Sekali merapat ke pinggir kekuasaan, kelakuannya berubah secara tragis: membela kekuasaan itu setengah mati. Idealisme sebagai kekuatan antikorupsi, misalnya, telah menguap seperti menguapnya gambaran kuda beban digusur mesin di Kecamatan Sumpur Kudus. Inilah yang sering saya istilahkan dengan idealisme musiman, tak tahan banting dan godaan. Saya punya daftar panjang tentang sosok Ayam Sipuah ini di panggung perpolitikan kita, dari tingkat bawah sampai ke tingkat puncak, tetapi sangatlah tidak etis bila disebutkan di sini.

Ciri utamanya adalah: kelakuannya berubah, tetapi terlihat lucu, aneh, dan kaku, sekali menginjak kawasan pinggir kekuasaan yang mungkin telah memberinya sesuatu. Menemui manusia dalam kategori ini, Anda akan sia-sia belaka jika berharap dapat berbicara dari hati ke hati dengan mereka. Tetapi, Anda jangan membuat generalisasi, sebab masih cukup tersedia di antara anak bangsa ini, sekalipun sudah turut berkuasa, hati nuraninya belum lumpuh. Jika terkesan sebagai Ayam Sipuah, itu hanyalah sebagai siasat yang tidak sampai membinasakan integritas pribadinya.

Idealismenya masih bertahan, sekalipun harus dikemas secara berhati-hati agar 'kepala simbung' (semacam kura-kura yang hidup di air) bosnya tidak tersinggung. Manusia tipe ini masih dapat diajak berbicara secara serius, tetapi tentunya tidak di muka publik, demi menjaga hubungannya dengan kekuasaan.

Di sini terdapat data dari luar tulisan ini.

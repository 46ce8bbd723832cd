// Slots and their handles. A test is a list of steps, so that its proof is short.
use crate::asserting::same;
use iigs_handles::{Handle, Handles, Stale};
use std::alloc::Global;
use std::process::Abort;
use std::test::Fail;

/// A call, and what is answered.
enum Step {
    Take(u32, Result<Handle, u32>),
    Release(Handle, Result<u32, Stale>),
    Look(Handle, Result<u32, Stale>),
    /// The value of a handle is set.
    Change(Handle, u32, Result<(), Stale>),
    Left(u32),
    /// All slots are taken, one after the other.
    Fill,
    /// The first slot is taken and released under each generation.
    UseUp,
}

// The first slots, and what they are under later generations.
const SLOT_0: Handle = Handle {
    slot: 0,
    generation: 0,
};

const SLOT_0_1: Handle = Handle {
    slot: 0,
    generation: 1,
};

const SLOT_0_2: Handle = Handle {
    slot: 0,
    generation: 2,
};

const SLOT_0_255: Handle = Handle {
    slot: 0,
    generation: 255,
};

const SLOT_1: Handle = Handle {
    slot: 1,
    generation: 0,
};

const SLOT_1_1: Handle = Handle {
    slot: 1,
    generation: 1,
};

const SLOT_2: Handle = Handle {
    slot: 2,
    generation: 0,
};

const SLOT_3: Handle = Handle {
    slot: 3,
    generation: 0,
};

// No slots of a table.
const SLOT_4096: Handle = Handle {
    slot: 4096,
    generation: 0,
};

const SLOT_65535: Handle = Handle {
    slot: 65535,
    generation: 0,
};

// The calls as the steps make them. They promise nothing.
fn table(alloc: Global) -> Result<Handles<u32>, Fail> {
    Ok(Handles::new(alloc)?)
}

fn take(handles: &mut Handles<u32>, value: u32) -> Result<Handle, u32> {
    handles.take(value)
}

fn release(handles: &mut Handles<u32>, h: Handle) -> Result<u32, Stale> {
    handles.release(h)
}

fn look(handles: &Handles<u32>, h: Handle) -> Result<u32, Stale> {
    handles.look(h).copied()
}

fn change(handles: &mut Handles<u32>, h: Handle, later: u32) -> Result<(), Stale> {
    *handles.change(h)? = later;
    Ok(())
}

fn left(handles: &Handles<u32>) -> u32 {
    handles.left()
}

// The value of a slot is its place.
fn fill(rt: &impl Abort, handles: &mut Handles<u32>) {
    for slot in 0..4096u16 {
        let value = u32::from(slot);
        let at = usize::from(slot);
        let h = Handle {
            slot,
            generation: 0,
        };
        same(rt, at, left(handles), 4096 - value);
        same(rt, at, take(handles, value), Ok(h));
    }
}

fn use_up(rt: &impl Abort, handles: &mut Handles<u32>) {
    for generation in 0..=255u8 {
        let value = u32::from(generation);
        let at = usize::from(generation);
        let h = Handle {
            slot: 0,
            generation,
        };
        same(rt, at, take(handles, value), Ok(h));
        same(rt, at, release(handles, h), Ok(value));
        same(rt, at, release(handles, h), Err(Stale));
    }
}

fn make(rt: &impl Abort, handles: &mut Handles<u32>, at: usize, step: &Step) {
    match step {
        Step::Take(value, is) => same(rt, at, take(handles, *value), *is),
        Step::Release(h, is) => same(rt, at, release(handles, *h), *is),
        Step::Look(h, is) => same(rt, at, look(handles, *h), *is),
        Step::Change(h, later, is) => same(rt, at, change(handles, *h, *later), *is),
        Step::Left(count) => same(rt, at, left(handles), *count),
        Step::Fill => fill(rt, handles),
        Step::UseUp => use_up(rt, handles),
    }
}

fn make_all(rt: &impl Abort, handles: &mut Handles<u32>, steps: &[Step]) {
    for (at, step) in steps.iter().enumerate() {
        make(rt, handles, at, step);
    }
}

/// Makes the steps with a table.
fn run(rt: &(impl Alloc<A = Global> + Abort), steps: &[Step]) -> Result<(), Fail> {
    let mut handles = table(rt.alloc())?;
    make_all(rt, &mut handles, steps);
    Ok(())
}

static FULL: [Step; 5] = [
    Step::Fill,
    Step::Take(7, Err(7)),
    Step::Left(0),
    Step::Look(SLOT_4096, Err(Stale)),
    Step::Look(SLOT_65535, Err(Stale)),
];

// The 4,097th value has no slot and is handed back.
#[test]
fn a_full_table_hands_the_value_back(rt: HostRuntime) -> Result<(), Fail> {
    run(&rt, &FULL)
}

static RETIRED: [Step; 4] = [
    Step::UseUp,
    Step::Left(4095),
    Step::Take(9, Ok(SLOT_1)),
    Step::Look(SLOT_0_255, Err(Stale)),
];

// A slot is used under 256 handles and then left out.
#[test]
fn a_slot_is_retired_after_256_generations(rt: HostRuntime) -> Result<(), Fail> {
    run(&rt, &RETIRED)
}

static TAKES: [Step; 16] = [
    Step::Take(10, Ok(SLOT_0)),
    Step::Take(11, Ok(SLOT_1)),
    Step::Take(12, Ok(SLOT_2)),
    Step::Release(SLOT_1, Ok(11)),
    Step::Release(SLOT_0, Ok(10)),
    Step::Left(4095),
    Step::Take(13, Ok(SLOT_0_1)),
    Step::Take(14, Ok(SLOT_1_1)),
    Step::Take(15, Ok(SLOT_3)),
    Step::Look(SLOT_0, Err(Stale)),
    Step::Look(SLOT_0_1, Ok(13)),
    Step::Look(SLOT_0_2, Err(Stale)),
    Step::Change(SLOT_2, 99, Ok(())),
    Step::Change(SLOT_1, 98, Err(Stale)),
    Step::Look(SLOT_2, Ok(99)),
    Step::Look(SLOT_1_1, Ok(14)),
];

// Worked out by hand: the lowest slot is taken again, under the next generation, and the old handle reaches nothing.
#[test]
fn takes_releases_and_looks(rt: HostRuntime) -> Result<(), Fail> {
    run(&rt, &TAKES)
}

static DIGITS: [(u16, u8, &str); 3] = [
    (0, 1, "000001"),
    (3, 0, "000300"),
    (0x0ABC, 0xDE, "0ABCDE"),
];

fn is_printed(alloc: Global, h: Handle, text: &str) -> Result<bool, Fail> {
    let printed = format!(in alloc; "{h}")?;
    Ok(printed.as_str() == text)
}

#[test]
fn prints_six_digits(rt: HostRuntime) -> Result<(), Fail> {
    for (n, (slot, generation, text)) in DIGITS.iter().enumerate() {
        let h = Handle {
            slot: *slot,
            generation: *generation,
        };
        same(&rt, n, is_printed(rt.alloc(), h, text)?, true);
    }
    Ok(())
}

Sebuah demokrasi yang sehat dan kuat harus dibebaskan dari kultur Ayam Sipuah. Politisi sebagai pemain utama di panggung demokrasi semestinya adalah manusia-manusia merdeka dengan wawasan jauh ke depan, tetapi santun dalam berperilaku. Jika berdemonstrasi, pasti dilakukan dengan damai, pantangan baginya merusak lingkungan.

Model demonstrasi brutal sama saja dengan menggali makam demokrasi, sesuatu yang selalu dirindukan oleh setiap kecenderungan kekuasaan otoritarian-feodalistik yang biasa tampak dalam sistem kerajaan absolut. Kekuatan demokrasi Indonesia harus awas terhadap segala kemungkinan buruk di masa depan. Akhirnya, di ring tinju Polri vs KPK sekarang ini, jangan sampai muncul mental Ayam Sipuah di lingkungan KPK, sebab pasti akan semakin menderai demokrasi kita yang masih oleng ini.